[Stored data entries]

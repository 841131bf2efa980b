ghost use Rattle.std.specs.Prelude.{◌≡◌, [], ◌∷◌, IfOk, Option};
ghost use Rattle.ja_base.specs.declared.java_type.Kind.{Kind};
ghost use Rattle.ja_kinds.specs.declared.effect.Effect.TheVariants.{Loads, Stores, Counts, Leaves};
ghost use Rattle.ja_kinds.specs.Frame.{words};
ghost use Rattle.ja_kinds.specs.Effect.{needed, given, is_wrong_depth, kinds_in, may_return, with_stack, turned};
ghost use Rattle.ja_kinds.specs.Solution.{accepted};

use crate::effect::Effect;
use crate::frame::Frame;
use crate::locals::{holds, same_kind, stored};
use crate::stack::{exchanged, joined, moved_words, rearranged, top_words, under_words, words};
use crate::state::{KindList, KindState};
use ja_base::{Kind, Memory};
use std::alloc::Global;

/// The words of a value, if there is one.
fn words_in(kind: Option<Kind>) -> u64
    ensures { result ≡ words (kinds_in kind) }
{
    match kind {
        Some(kind) => u64::from(kind.words()),
        None => 0,
    }
}

/// The words that an effect needs on the stack.
pub(crate) fn needed(effect: &Effect) -> u64
    ensures { result ≡ needed effect.now }
{
    match effect {
        Effect::Loads(_, _) => 0,
        Effect::Stores(kind, _) => u64::from(kind.words()),
        Effect::Counts(_) => 0,
        Effect::Moves(how) => under_words(*how) + top_words(*how),
        Effect::Exchanges { taken, pushed: _ } => words(taken.as_slice()),
        Effect::Leaves(kind) => words_in(*kind),
    }
}

/// The words that it puts in their place.
pub(crate) fn given(effect: &Effect) -> u64
    ensures { result ≡ given effect.now }
{
    match effect {
        Effect::Loads(kind, _) => u64::from(kind.words()),
        Effect::Stores(_, _) => 0,
        Effect::Counts(_) => 0,
        Effect::Moves(how) => moved_words(*how),
        Effect::Exchanges { taken: _, pushed } => words(pushed.as_slice()),
        Effect::Leaves(_) => 0,
    }
}

/// Whether fewer words are on the stack than an effect needs, or more than the frame has, before or after.
pub(crate) fn is_wrong_depth(max_stack: u32, effect: &Effect, stack: &[Kind]) -> bool
    ensures { result ≡ is_wrong_depth max_stack effect.now stack.now }
{
    let most = u64::from(max_stack);
    let there = words(stack);
    let needs = needed(effect);
    if there > most || there < needs {
        return true;
    }
    // What is left is within max_stack, so that the sum says whether there is room.
    given(effect) > most - (there - needs)
}

/// A list of one kind.
pub(crate) fn one(alloc: Global, kind: Kind) -> Result<KindList, Memory>
    ensures { IfOk result (λ list. list ≡ kind ∷ []) }
{
    let mut list = KindList::new(alloc);
    list.push(kind)?;
    Ok(list)
}

/// The list of a kind, if there is one.
pub(crate) fn list_of(alloc: Global, kind: Option<Kind>) -> Result<KindList, Memory>
    ensures { IfOk result (λ list. list ≡ kinds_in kind) }
{
    match kind {
        Some(kind) => one(alloc, kind),
        None => Ok(KindList::new(alloc)),
    }
}

/// A copy of a list.
pub(crate) fn copy(alloc: Global, list: &KindList) -> Result<KindList, Memory>
    ensures { IfOk result (λ copied. copied ≡ list.now) }
{
    let items = Vec::from_slice(alloc, list.as_slice())?;
    Ok(KindList::from_vec(items))
}

/// These locals with a stack, where there is one.
fn with_stack(
    alloc: Global,
    locals: &KindList,
    stack: Option<KindList>,
) -> Result<Option<KindState>, Memory>
    ensures { IfOk result (λ after. after ≡ with_stack locals.now stack) }
{
    match stack {
        None => Ok(None),
        Some(stack) => {
            let locals = copy(alloc, locals)?;
            Ok(Some(KindState { locals, stack }))
        }
    }
}

/// Whether a method that returns a value of this kind, or none, may end with that.
fn may_return(returns: Option<Kind>, kind: Option<Kind>) -> bool
    ensures { result ≡ may_return returns kind }
{
    match returns {
        None => kind.is_none(),
        Some(returned) => match kind {
            None => false,
            Some(kind) => same_kind(returned, kind),
        },
    }
}

/// After a local is pushed.
fn loaded(
    alloc: Global,
    kind: Kind,
    place: u64,
    state: &KindState,
) -> Result<Option<KindState>, Memory>
    ensures { (returns : Option Kind) → IfOk result (λ after. after ≡ turned returns (Loads kind place) state.now) }
{
    if !holds(state.locals.as_slice(), place, kind) {
        return Ok(None);
    }
    let pushed = one(alloc, kind)?;
    let stack = joined(alloc, state.stack.as_slice(), pushed.as_slice())?;
    with_stack(alloc, &state.locals, Some(stack))
}

/// After a value is popped into a local.
fn popped(
    alloc: Global,
    kind: Kind,
    place: u64,
    state: &KindState,
) -> Result<Option<KindState>, Memory>
    ensures { (returns : Option Kind) → IfOk result (λ after. after ≡ turned returns (Stores kind place) state.now) }
{
    let count = state.locals.len();
    if place >= count || count - place < u64::from(kind.words()) {
        return Ok(None);
    }
    let taken = one(alloc, kind)?;
    let stack = exchanged(
        alloc,
        taken.as_slice(),
        KindList::new(alloc).as_slice(),
        state.stack.as_slice(),
    )?;
    let locals = stored(alloc, place, kind, state.locals.as_slice())?;
    with_stack(alloc, &locals, stack)
}

/// After an int local is used where it stands.
fn counted(alloc: Global, place: u64, state: &KindState) -> Result<Option<KindState>, Memory>
    ensures { (returns : Option Kind) → IfOk result (λ after. after ≡ turned returns (Counts place) state.now) }
{
    if !holds(state.locals.as_slice(), place, Kind::P1) {
        return Ok(None);
    }
    let stack = copy(alloc, &state.stack)?;
    with_stack(alloc, &state.locals, Some(stack))
}

/// After the end of a method that returns a value of a kind, or none.
fn left(
    alloc: Global,
    returns: Option<Kind>,
    kind: Option<Kind>,
    state: &KindState,
) -> Result<Option<KindState>, Memory>
    ensures { IfOk result (λ after. after ≡ turned returns (Leaves kind) state.now) }
{
    if !may_return(returns, kind) {
        return Ok(None);
    }
    let taken = list_of(alloc, kind)?;
    let stack = exchanged(
        alloc,
        taken.as_slice(),
        KindList::new(alloc).as_slice(),
        state.stack.as_slice(),
    )?;
    with_stack(alloc, &state.locals, stack)
}

/// The locals and the stack after an effect; none where it needs others.
pub(crate) fn turned(
    alloc: Global,
    returns: Option<Kind>,
    effect: &Effect,
    state: &KindState,
) -> Result<Option<KindState>, Memory>
    ensures { IfOk result (λ after. after ≡ turned returns effect.now state.now) }
{
    match effect {
        Effect::Loads(kind, place) => loaded(alloc, *kind, *place, state),
        Effect::Stores(kind, place) => popped(alloc, *kind, *place, state),
        Effect::Counts(place) => counted(alloc, *place, state),
        Effect::Moves(how) => {
            let stack = rearranged(alloc, *how, state.stack.as_slice())?;
            with_stack(alloc, &state.locals, stack)
        }
        Effect::Exchanges { taken, pushed } => {
            let stack = exchanged(
                alloc,
                taken.as_slice(),
                pushed.as_slice(),
                state.stack.as_slice(),
            )?;
            with_stack(alloc, &state.locals, stack)
        }
        Effect::Leaves(kind) => left(alloc, returns, *kind, state),
    }
}

/// The locals and the stack after an effect, where a frame takes it.
pub(crate) fn accepted(
    alloc: Global,
    frame: &Frame,
    effect: &Effect,
    state: &KindState,
) -> Result<Option<KindState>, Memory>
    ensures { IfOk result (λ after. after ≡ accepted frame.now effect.now state.now) }
{
    if is_wrong_depth(frame.max_stack, effect, state.stack.as_slice()) {
        return Ok(None);
    }
    turned(alloc, frame.returns, effect, state)
}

> YOUR INSTRUCTIONS:
Your response should be the lines above from the first to the one containing "in their place.", inclusive, each given exactly.

> RESPONSE BOX:
repository 841131bf2efa980b
ghost use Rattle.std.specs.Prelude.{◌≡◌, [], ◌∷◌, IfOk, Option};
ghost use Rattle.ja_base.specs.declared.java_type.Kind.{Kind};
ghost use Rattle.ja_kinds.specs.declared.effect.Effect.TheVariants.{Loads, Stores, Counts, Leaves};
ghost use Rattle.ja_kinds.specs.Frame.{words};
ghost use Rattle.ja_kinds.specs.Effect.{needed, given, is_wrong_depth, kinds_in, may_return, with_stack, turned};
ghost use Rattle.ja_kinds.specs.Solution.{accepted};

use crate::effect::Effect;
use crate::frame::Frame;
use crate::locals::{holds, same_kind, stored};
use crate::stack::{exchanged, joined, moved_words, rearranged, top_words, under_words, words};
use crate::state::{KindList, KindState};
use ja_base::{Kind, Memory};
use std::alloc::Global;

/// The words of a value, if there is one.
fn words_in(kind: Option<Kind>) -> u64
    ensures { result ≡ words (kinds_in kind) }
{
    match kind {
        Some(kind) => u64::from(kind.words()),
        None => 0,
    }
}

/// The words that an effect needs on the stack.
pub(crate) fn needed(effect: &Effect) -> u64
    ensures { result ≡ needed effect.now }
{
    match effect {
        Effect::Loads(_, _) => 0,
        Effect::Stores(kind, _) => u64::from(kind.words()),
        Effect::Counts(_) => 0,
        Effect::Moves(how) => under_words(*how) + top_words(*how),
        Effect::Exchanges { taken, pushed: _ } => words(taken.as_slice()),
        Effect::Leaves(kind) => words_in(*kind),
    }
}

/// The words that it puts in their place.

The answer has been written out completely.